== TASK OBJECTIVE ==
Your answer should consist only of the lines from the line containing "Conjunct::of(arena, term)" through the last line below, each repeated exactly.

== Dataset items ==
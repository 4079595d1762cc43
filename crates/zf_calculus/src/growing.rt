//! Schemas that grow within the limits.
ghost use Rattle.std.specs.Prelude.{◌≡◌, ◌∷◌, [], ◌++◌, ◌↔◌, IfErr, IfOk, IsTrue, OnOk, length, map};
ghost use Rattle.zf_calculus.specs.Prelude.{AreFew, comp_of, conjunct_of, HasLeft, IsTooLarge, KeepsTo, moved, numbering, ResolvedTree, schema_of, place_in};
ghost use Rattle.zf_calculus.specs.{Adds, Agree, Agrees, Clashes, conjoined, constrained, empty_schema, equalities, equality, grown, IfStopped, Includes, IsNext, new_place, OneClashes, Stops};

use crate::components::{agree, agrees, are_apart, join, join_all};
use crate::limits::{COMPONENTS_MAX, CONJUNCTS_MAX, NODES_MAX, SETS_MAX};
use crate::room::{Measure, after, after_all, after_conjuncts, is_low, none_too_high};
use crate::spare::Spare;
use crate::stop::Stop;
use bumpalo::Bump;
use std::alloc::AllocError;
use std::marker::Model;
use std::mem;
use zf_data::arena::{Boxed, Chunked, Items, Lasting};
use zf_reference::Reference;
use zf_shape::conjunct::room_after;
use zf_term::{Component, Conjunct, Flat, Left, Limit, Measured, Resolved, ResolvedLink};
use zf_tree::{Relation, Span};

/// A schema within the limits that contracts see as the schema. It keeps what is left of them, so that each step costs only what it adds.
#[derive(Drop)]
pub struct Growing<'a> {
    pub(crate) flat: Flat<'a>,
    pub(crate) left: Left,
}

impl<'a> Model for Growing<'a> {
    ghost use denote.Signature.{static_lft};
    ghost use Rattle.zf_term.specs.{HasLeft, schema_of};
    ghost use Rattle.zf_term.specs.contracts.schema.Flat as stored;
    ghost use Rattle.zf_term.specs.declared.schema.Flat as program;

    ghost Value = { program.Flat };

    ghost coded = { (stored.the_row static_lft).coded };

    ghost view = { λ g. g.flat };

    ghost invariant = { λ g. HasLeft (schema_of g.flat) g.left.sets g.left.nodes };
}

impl<'a> Growing<'a> {
    /// The schema of no declarations, with room for what is expected of it.
    pub fn with_room(arena: &'a Bump, spare: Spare) -> Result<Growing<'a>, AllocError>
        ensures { IfOk result (λ g. schema_of g ≡ empty_schema) }
    {
        let components = Items::with_room(arena, spare.components)?;
        let conjuncts = Chunked::with_room(arena, spare.conjuncts);
        Ok(Growing::begun(components, conjuncts))
    }

    /// The schema of no declarations, in these lists.
    fn begun(
        components: Items<'a, Component<'a>>,
        conjuncts: Chunked<'a, Conjunct<'a>>,
    ) -> Growing<'a>
        requires components { components ≡ [] }
        requires conjuncts { conjuncts ≡ [] }
        ensures { schema_of result ≡ empty_schema }
    {
        Growing {
            flat: Flat {
                components,
                conjuncts,
            },
            left: Left {
                sets: SETS_MAX,
                nodes: NODES_MAX,
            },
        }
    }

    /// A schema that was made elsewhere, if it is within the limits.
    pub fn of(flat: Flat<'a>) -> Result<Growing<'a>, Limit>
        ensures ok { IfOk result (λ g. schema_of g ≡ schema_of flat.entry) }
        ensures passed { IfErr result (λ l. KeepsTo l (schema_of flat.entry) → ⊥) }
    {
        let left = left_of(&flat)?;
        Ok(Growing { flat, left })
    }

    /// The schema, as it is kept.
    pub fn measured(self) -> Measured<'a>
        ensures { result ≡ self.entry }
    {
        Measured::of(self.flat, self.left)
    }

    pub fn flat(&self) -> &Flat<'a>
        ensures { result.now ≡ self.now }
    {
        &self.flat
    }

    /// One more component.
    pub fn add(&mut self, component: Component<'a>) -> Result<(), Stop<'a>>
        ensures ok { OnOk result (Adds (schema_of self.old) (comp_of component.entry) (schema_of self.new)) }
        ensures err { IfErr result (λ e. IfStopped e (Stops (Clashes (schema_of self.old).comps (comp_of component.entry)) (Agrees (schema_of self.old).comps (comp_of component.entry)) (grown (schema_of self.old) (comp_of component.entry)))) }
    {
        agrees(self.flat().components.as_slice(), &component)?;
        self.grow(component)
    }

    /// One more component, whatever type one of its name has.
    pub fn grow(&mut self, component: Component<'a>) -> Result<(), Stop<'a>>
        ensures ok { OnOk result (IsNext (grown (schema_of self.old) (comp_of component.entry)) (schema_of self.new)) }
        ensures err { IfErr result (λ e. IfStopped e (IsTooLarge (grown (schema_of self.old) (comp_of component.entry)))) }
    {
        let left = self.left_behind(&component)?;
        if let Err(stop) = join(&mut self.flat.components, component) {
            let arena = self.flat.conjuncts.arena();
            *self = Growing::begun(Items::new(arena), Chunked::new(arena));
            return Err(stop);
        }
        self.left = left;
        Ok(())
    }

    /// What is left of the limits after one more component, where there is room for its declared sets.
    fn left_behind(&self, component: &Component<'a>) -> Result<Left, Stop<'a>>
        ensures ok { IfOk result (λ l. AreFew (grown (schema_of self.now) (comp_of component.now)).comps → HasLeft (grown (schema_of self.now) (comp_of component.now)) l.sets l.nodes) }
        ensures err { IfErr result (λ e. IfStopped e (IsTooLarge (grown (schema_of self.now) (comp_of component.now)))) }
    {
        let Some(sets) = after(Measure::Sets, component.domains.get(), self.left.sets) else {
            return Err(Stop::TooLarge(Limit::Sets));
        };
        let Some(nodes) = after(Measure::Nodes, component.domains.get(), self.left.nodes) else {
            return Err(Stop::TooLarge(Limit::Nodes));
        };
        Ok(Left { sets, nodes })
    }

    /// One more conjunct.
    pub fn take(&mut self, conjunct: Conjunct<'a>) -> Result<(), Stop<'a>>
        ensures ok { OnOk result (IsNext (constrained (schema_of self.old) (conjunct_of conjunct.entry ∷ [])) (schema_of self.new)) }
        ensures err { IfErr result (λ e. IfStopped e (IsTooLarge (constrained (schema_of self.old) (conjunct_of conjunct.entry ∷ [])))) }
    {
        let left = self.left_after(&conjunct)?;
        self.flat.conjuncts.push(conjunct)?;
        self.left = left;
        Ok(())
    }

    /// What is left of the limits after one more conjunct, where there is room for it.
    #[inline]
    fn left_after(&self, conjunct: &Conjunct<'a>) -> Result<Left, Stop<'a>>
        ensures ok { IfOk result (λ l. HasLeft (constrained (schema_of self.now) (conjunct_of conjunct.now ∷ [])) l.sets l.nodes) }
        ensures err { IfErr result (λ e. IfStopped e (IsTooLarge (constrained (schema_of self.now) (conjunct_of conjunct.now ∷ [])))) }
    {
        let Some(nodes) = room_after(conjunct, self.left.nodes) else {
            return Err(Stop::TooLarge(Limit::Nodes));
        };
        if self.flat.conjuncts.len() >= CONJUNCTS_MAX {
            return Err(Stop::TooLarge(Limit::Conjuncts));
        }
        if !is_low(conjunct, self.left.nodes - nodes) {
            return Err(Stop::TooLarge(Limit::Height));
        }
        let sets = self.left.sets;
        Ok(Left { sets, nodes })
    }

    /// Another schema that is taken in: its components, and then its conjuncts.
    pub fn include(&mut self, arena: &'a Bump, other: Growing<'a>) -> Result<(), Stop<'a>>
        ensures ok { OnOk result (Includes (schema_of self.old) (schema_of other.entry) (schema_of self.new)) }
        ensures err { IfErr result (λ e. IfStopped e (Stops (OneClashes (schema_of self.old).comps (schema_of other.entry).comps) (Agree (schema_of self.old).comps (schema_of other.entry).comps) (conjoined (schema_of self.old) (schema_of other.entry)))) }
    {
        agree(
            self.flat().components.as_slice(),
            other.flat().components.as_slice(),
        )?;
        if self.becomes(&other) {
            *self = other;
            return Ok(());
        }
        let nothing = Growing::begun(Items::new(arena), Chunked::new(arena));
        let before = mem::replace(self, nothing);
        let merged = before.merge(arena, other)?;
        *self = merged.0;
        Ok(())
    }

    /// Whether there is nothing yet, and the other schema can be taken in as it is.
    fn becomes(&self, other: &Growing<'a>) -> bool
        ensures { IsTrue result → schema_of other.now ≡ conjoined (schema_of self.now) (schema_of other.now) }
    {
        if !self.is_nothing() {
            return false;
        }
        are_apart(other.flat().components.as_slice())
    }

    /// Whether it has neither components nor conjuncts.
    pub fn is_nothing(&self) -> bool
        ensures { IsTrue result ↔ (schema_of self.now ≡ empty_schema) }
    {
        self.flat().components.as_slice().is_empty() && self.flat().conjuncts.len() == 0
    }

    /// The schema with another one taken in, whatever types components of one name have; answers where the components of that are.
    pub fn merge(
        self,
        arena: &'a Bump,
        other: Growing<'a>,
    ) -> Result<(Growing<'a>, Lasting<'a, Items<'a, usize>>), Stop<'a>>
        ensures ok { IfOk result (λ p. IsNext (conjoined (schema_of self.entry) (schema_of other.entry)) (schema_of p.0)) }
        ensures places { IfOk result (λ p. place_in p.1 ≡ new_place (schema_of other.entry).comps (conjoined (schema_of self.entry) (schema_of other.entry)).comps) }
        ensures each { IfOk result (λ p. length p.1 ≡ length (schema_of other.entry).comps) }
        ensures err { IfErr result (λ e. IfStopped e (IsTooLarge (conjoined (schema_of self.entry) (schema_of other.entry)))) }
    {
        let left = match self.left_beside(&other) {
            Ok(left) => left,
            Err(limit) => return Err(Stop::TooLarge(limit)),
        };
        let mut flat = self.flat;
        let Flat {
            components,
            conjuncts,
        } = other.flat;
        let places = join_all(&mut flat.components, arena, components)?;
        let places = Lasting::new(arena, places)?;
        take_moved(&mut flat.conjuncts, arena, conjuncts, &places)?;
        Ok((Growing { flat, left }, places))
    }

    /// How many declared sets and nodes are left beside another schema, where there is room for it and its conjuncts.
    fn left_beside(&self, other: &Growing<'a>) -> Result<Left, Limit>
        ensures ok { IfOk result (λ l. AreFew (conjoined (schema_of self.now) (schema_of other.now)).comps → HasLeft (conjoined (schema_of self.now) (schema_of other.now)) l.sets l.nodes) }
        ensures passed { IfErr result (λ l. KeepsTo l (conjoined (schema_of self.now) (schema_of other.now)) → ⊥) }
    {
        let Some(sets) = self.left.sets.checked_sub(SETS_MAX - other.left.sets) else {
            return Err(Limit::Sets);
        };
        let Some(nodes) = self.left.nodes.checked_sub(NODES_MAX - other.left.nodes) else {
            return Err(Limit::Nodes);
        };
        if self.flat.conjuncts.len() + other.flat.conjuncts.len() > CONJUNCTS_MAX {
            return Err(Limit::Conjuncts);
        }
        Ok(Left { sets, nodes })
    }

    /// That each component is equal to the one at the place in the list, one after another.
    pub fn take_equalities(
        &mut self,
        arena: &'a Bump,
        span: Span,
        places: &[usize],
    ) -> Result<(), Stop<'a>>
        ensures ok { OnOk result (IsNext (constrained (schema_of self.old) (equalities span 0 places.now)) (schema_of self.new)) }
        ensures err { IfErr result (λ e. IfStopped e (IsTooLarge (constrained (schema_of self.old) (equalities span 0 places.now)))) }
    {
        for place in 0..places.len() {
            let other = places[place];
            let equality = equality(arena, span, place, other)?;
            self.take(equality)?;
        }
        let _ = &self.left;
        Ok(())
    }
}

/// What is left of the limits after a schema, if it is within them.
fn left_of<'a>(flat: &Flat<'a>) -> Result<Left, Limit>
    ensures ok { IfOk result (λ l. HasLeft (schema_of flat.now) l.sets l.nodes) }
    ensures passed { IfErr result (λ l. KeepsTo l (schema_of flat.now) → ⊥) }
{
    // Before its nodes are counted, which descends as far as it is high.
    if !none_too_high(&flat.conjuncts) {
        return Err(Limit::Height);
    }
    if flat.components.len() > COMPONENTS_MAX {
        return Err(Limit::Components);
    }
    if flat.conjuncts.len() > CONJUNCTS_MAX {
        return Err(Limit::Conjuncts);
    }
    let Some(sets) = after_all(Measure::Sets, flat.components.as_slice(), SETS_MAX) else {
        return Err(Limit::Sets);
    };
    let Some(behind_sets) = after_all(Measure::Nodes, flat.components.as_slice(), NODES_MAX) else {
        return Err(Limit::Nodes);
    };
    let Some(nodes) = after_conjuncts(&flat.conjuncts, behind_sets) else {
        return Err(Limit::Nodes);
    };
    Ok(Left { sets, nodes })
}

/// Further conjuncts, whose components are at these places.
pub fn take_moved<'a>(
    conjuncts: &mut Chunked<'a, Conjunct<'a>>,
    arena: &'a Bump,
    further: Chunked<'a, Conjunct<'a>>,
    places: &Lasting<'a, Items<'a, usize>>,
) -> Result<(), AllocError>
    ensures { OnOk result (map conjunct_of conjuncts.new ≡ map conjunct_of conjuncts.old ++ map (moved (place_in places.now)) (map conjunct_of further.entry)) }
{
    if are_own(places.get().as_slice()) {
        return conjuncts.take(further);
    }
    let numbering = Some(places.share());
    take_numbered(conjuncts, arena, &further, &numbering)
}

/// Further conjuncts, with their components numbered anew.
fn take_numbered<'a>(
    conjuncts: &mut Chunked<'a, Conjunct<'a>>,
    arena: &'a Bump,
    further: &Chunked<'a, Conjunct<'a>>,
    places: &Option<Lasting<'a, Items<'a, usize>>>,
) -> Result<(), AllocError>
    ensures { OnOk result (map conjunct_of conjuncts.new ≡ map conjunct_of conjuncts.old ++ map (moved (numbering places.now)) (map conjunct_of further.now)) }
{
    for conjunct in further.iter() {
        push_moved(conjuncts, arena, conjunct, places)?;
    }
    Ok(())
}

/// One further conjunct.
#[inline]
fn push_moved<'a>(
    conjuncts: &mut Chunked<'a, Conjunct<'a>>,
    arena: &'a Bump,
    conjunct: &Conjunct<'a>,
    places: &Option<Lasting<'a, Items<'a, usize>>>,
) -> Result<(), AllocError>
    ensures { OnOk result (map conjunct_of conjuncts.new ≡ map conjunct_of conjuncts.old ++ moved (numbering places.now) (conjunct_of conjunct.now) ∷ []) }
{
    conjuncts.push(conjunct.moved(arena, places)?)?;
    Ok(())
}

/// Whether each place is its own number.
pub(crate) fn are_own(places: &[usize]) -> bool
    ensures { IsTrue result → (t : ResolvedTree) → moved (place_in places.now) t ≡ t }
{
    for (place, other) in places.iter().enumerate() {
        if *other != place {
            return false;
        }
    }
    true
}

/// That two components are equal.
#[tactic(auto, using(zf_term::proofs::ResolvedSeen::seen))]
fn equality<'a>(
    arena: &'a Bump,
    span: Span,
    place: usize,
    other: usize,
) -> Result<Conjunct<'a>, AllocError>
    ensures { IfOk result (λ c. conjunct_of c ≡ equality span place other) }
{
    let left = Boxed::new(arena, Resolved::Name(span, Reference::Component(place)))?;
    let right = Resolved::Name(span, Reference::Component(other));
    let links = Items::of(
        arena,
        ResolvedLink {
            relation: Relation::Equal,
            right,
        },
    )?;
    let term = Resolved::Chain(span, left, Boxed::new(arena, links)?);
    Conjunct::of(arena, term)
}
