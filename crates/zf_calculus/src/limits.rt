//! The limits of a schema.

/// On the components of a schema.
pub const COMPONENTS_MAX: usize = 64;

/// On its declared sets, of all components.
pub const SETS_MAX: usize = 4096;

/// On its conjuncts.
pub const CONJUNCTS_MAX: usize = 4096;

/// On the nodes of all terms in its declared sets and conjuncts.
pub const NODES_MAX: usize = 65536;

/// On the height of each conjunct.
pub const HEIGHT_MAX: usize = 256;
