//! The schema calculus: schemas that are joined, decorated and constrained, within the limits.
#![tactic(auto)]

mod components;
mod disjunction;
mod growing;
mod limits;
mod marking;
mod room;
mod spare;
mod stop;

pub use disjunction::disjoin;
pub use growing::Growing;
pub use limits::{COMPONENTS_MAX, CONJUNCTS_MAX};
pub use marking::{decorate_own, marked};
pub use spare::Spare;
pub use stop::Stop;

== RESPONSE FOR THIS EXERCISE ==
    Conjunct::of(arena, term)
}
filename crates/zf_calculus/src/limits.rt
//! The limits of a schema.

/// On the components of a schema.
pub const COMPONENTS_MAX: usize = 64;

/// On its declared sets, of all components.
pub const SETS_MAX: usize = 4096;

/// On its conjuncts.
pub const CONJUNCTS_MAX: usize = 4096;

/// On the nodes of all terms in its declared sets and conjuncts.
pub const NODES_MAX: usize = 65536;

/// On the height of each conjunct.
pub const HEIGHT_MAX: usize = 256;
//! The schema calculus: schemas that are joined, decorated and constrained, within the limits.
#![tactic(auto)]

mod components;
mod disjunction;
mod growing;
mod limits;
mod marking;
mod room;
mod spare;
mod stop;

pub use disjunction::disjoin;
pub use growing::Growing;
pub use limits::{COMPONENTS_MAX, CONJUNCTS_MAX};
pub use marking::{decorate_own, marked};
pub use spare::Spare;
pub use stop::Stop;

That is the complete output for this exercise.